Concept-album paru en 1971, Melody Nelson est une pierre angulaire dans l’œuvre majeure de Serge Gainsbourg. Parlé, narré avec précision et émotion, cet album nous plonge dans le récit émotionnel des prémices d’une histoire d’amour, de la rencontre au dénouement provoqué par un accident d’avion. L’orchestration de Jean-Claude Vannier est fine et méthodique, chaque note entrant en résonance avec chaque mot.
Ouverture. Une batterie implacable marquant chaque impact innocemment. La guitare se fait criarde comme pour signaler un danger imminent. Mais la jeune cycliste ne l’entend pas. Et soudain, l’accident. S’ensuit un état de vague à l’âme plus ou moins conscient où, à demi mots – “Melody”, la rencontre s’invite. Une description rapide qui campe le décor, d’une fresque poétique aux débuts dramatiques.
Arpège narrant une histoire naissante, nous arrivons au développement (“Ballade de Melody Nelson”). Entre temps, l’ellipse, chacun pourra imaginer les étapes manquantes. Attachement, affection, une soudaine douceur. Scène de “Valse”, un mouvement ample et tournoyant. Les cordes ajoutent à la grandiloquence. Tourbillon de bonheur.

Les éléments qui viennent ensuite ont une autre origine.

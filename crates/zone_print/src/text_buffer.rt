ghost use Rattle.std.specs.Prelude.{◌≡◌, ◌≤◌, ◌++◌, [], List, ℕ, length, take, IfOk, OnOk, OnErr};
ghost use Rattle.std.proofs.Common.{◌∙◌, ap, append_assoc, sym};
ghost use Rattle.std.proofs.lemmas.List.{append-nil};

use std::alloc::{AllocError, Global};
use std::marker::Model;
use zone_name::Sink;

/// Text that is gathered. What it grows by is written at once, so to append is to copy and to clear
/// is to forget, where a `Vec` has more to do for a few octets. Contracts see the octets.
#[derive(Drop)]
pub(crate) struct TextBuffer {
    /// The text, and octets after it that say nothing.
    room: Vec<u8>,
    /// How many octets of the room are text.
    len: usize,
}

impl Model for TextBuffer {
    ghost use Rattle.std.specs.Prelude.{◌≤◌, List, ℕ, length, take};

    ghost Value = { List ℕ };

    ghost view = { λ b. take b.len b.room.items };

    ghost invariant = { λ b. b.len ≤ length b.room.items };
}

impl TextBuffer {
    /// No text.
    pub(crate) fn new(alloc: Global) -> TextBuffer
        ensures { result ≡ [] }
    {
        TextBuffer {
            room: Vec::new(alloc),
            len: 0,
        }
    }

    /// No text, with room for so many octets.
    ///
    /// # Errors
    ///
    /// Want of memory.
    pub(crate) fn with_capacity(alloc: Global, len: usize) -> Result<TextBuffer, AllocError>
        ensures { IfOk result (λ buffer. buffer ≡ []) }
    {
        let mut room = Vec::with_capacity(alloc, len)?;
        room.resize(len, 0)?;
        Ok(TextBuffer { room, len: 0 })
    }

    /// The octets, which are owned from then on.
    pub(crate) fn into_octets(self) -> Vec<u8>
        ensures { result.items ≡ self }
    {
        let TextBuffer { mut room, len } = self;
        room.truncate(len);
        room
    }

    /// The octets.
    pub(crate) fn as_slice(&self) -> &[u8]
        ensures value { result.now ≡ self.now }
    {
        &self.room[..self.len]
    }

    /// How many octets there are.
    pub(crate) fn len(&self) -> usize
        ensures { result ≡ length self.now }
    {
        self.len
    }

    /// Drops the octets.
    pub(crate) fn clear(&mut self)
        ensures items { self.new ≡ [] }
    {
        self.len = 0;
    }

    /// Drops the octets after the first `len`.
    pub(crate) fn truncate(&mut self, len: usize)
        ensures items { self.new ≡ take len self.old }
    {
        self.len = self.len.min(len);
    }
}

/// Makes the room twice as long as is needed.
///
/// # Errors
///
/// Want of memory. The room is unchanged.
// Not inlined: nearly all octets find room.
#[cold]
#[inline(never)]
fn grow(room: &mut Vec<u8>, needed: usize) -> Result<(), AllocError>
    requires { length room.old.items ≤ needed }
    ensures enough { OnOk result (needed ≤ length room.new.items) }
    ensures grown { OnOk result ((more : List ℕ) × (room.new.items ≡ room.old.items ++ more)) }
    ensures unchanged { OnErr result (room.new.items ≡ room.old.items) }
{
    room.resize(needed.saturating_mul(2), 0)
}

impl Sink for TextBuffer {
    ghost takes = { λ a x b. b ≡ a ++ x };

    type Error = AllocError;

    #[inline(always)]
    fn push(&mut self, octets: &[u8]) -> Result<(), AllocError> {
        let end = self.len + octets.len();
        if end > self.room.len() {
            grow(&mut self.room, end)?;
        }
        self.room[self.len..end].copy_from_slice(octets);
        self.len = end;
        Ok(())
    }

    ghost nothing = { λ a. sym (append-nil a) };

    ghost joins = { λ a b c x y first second.
        second ∙ ap (λ t. t ++ y) first ∙ append_assoc a x y };
}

“Ah Melody!” est l’heure du premier bilan. Différence d’âge, jeunesse et manque d’expérience, doute, naïveté et l’ombre du mensonge. Un instant nuageux gentiment méprisant.
L’hôtel particulier, sombre et méticuleux. Il s’agit de respecter la procédure lente et précisément descriptive. Jusqu’à l’instrumental qui ronronne. Le réalisme est frappant, les adjectifs sont pesants.
Une dose de funk, “En Melody”, et une étape supplémentaire est franchie. Douceur d’onomatopées. Vers un final glaçant, annoncé par une voix monocorde et objective. Un deuxième accident, d’avion et tragique cette fois, comme un point final brutal à une idylle qui pique du nez. Elle n’est plus. Les anges répondent, Gainsbourg cherche son corps, un cauchemar éveillé dans les profondeurs d’un “Cargo Culte” qui devient psyché.
27 minutes et 57 secondes. Finesse, génie. La langue française est sublimée.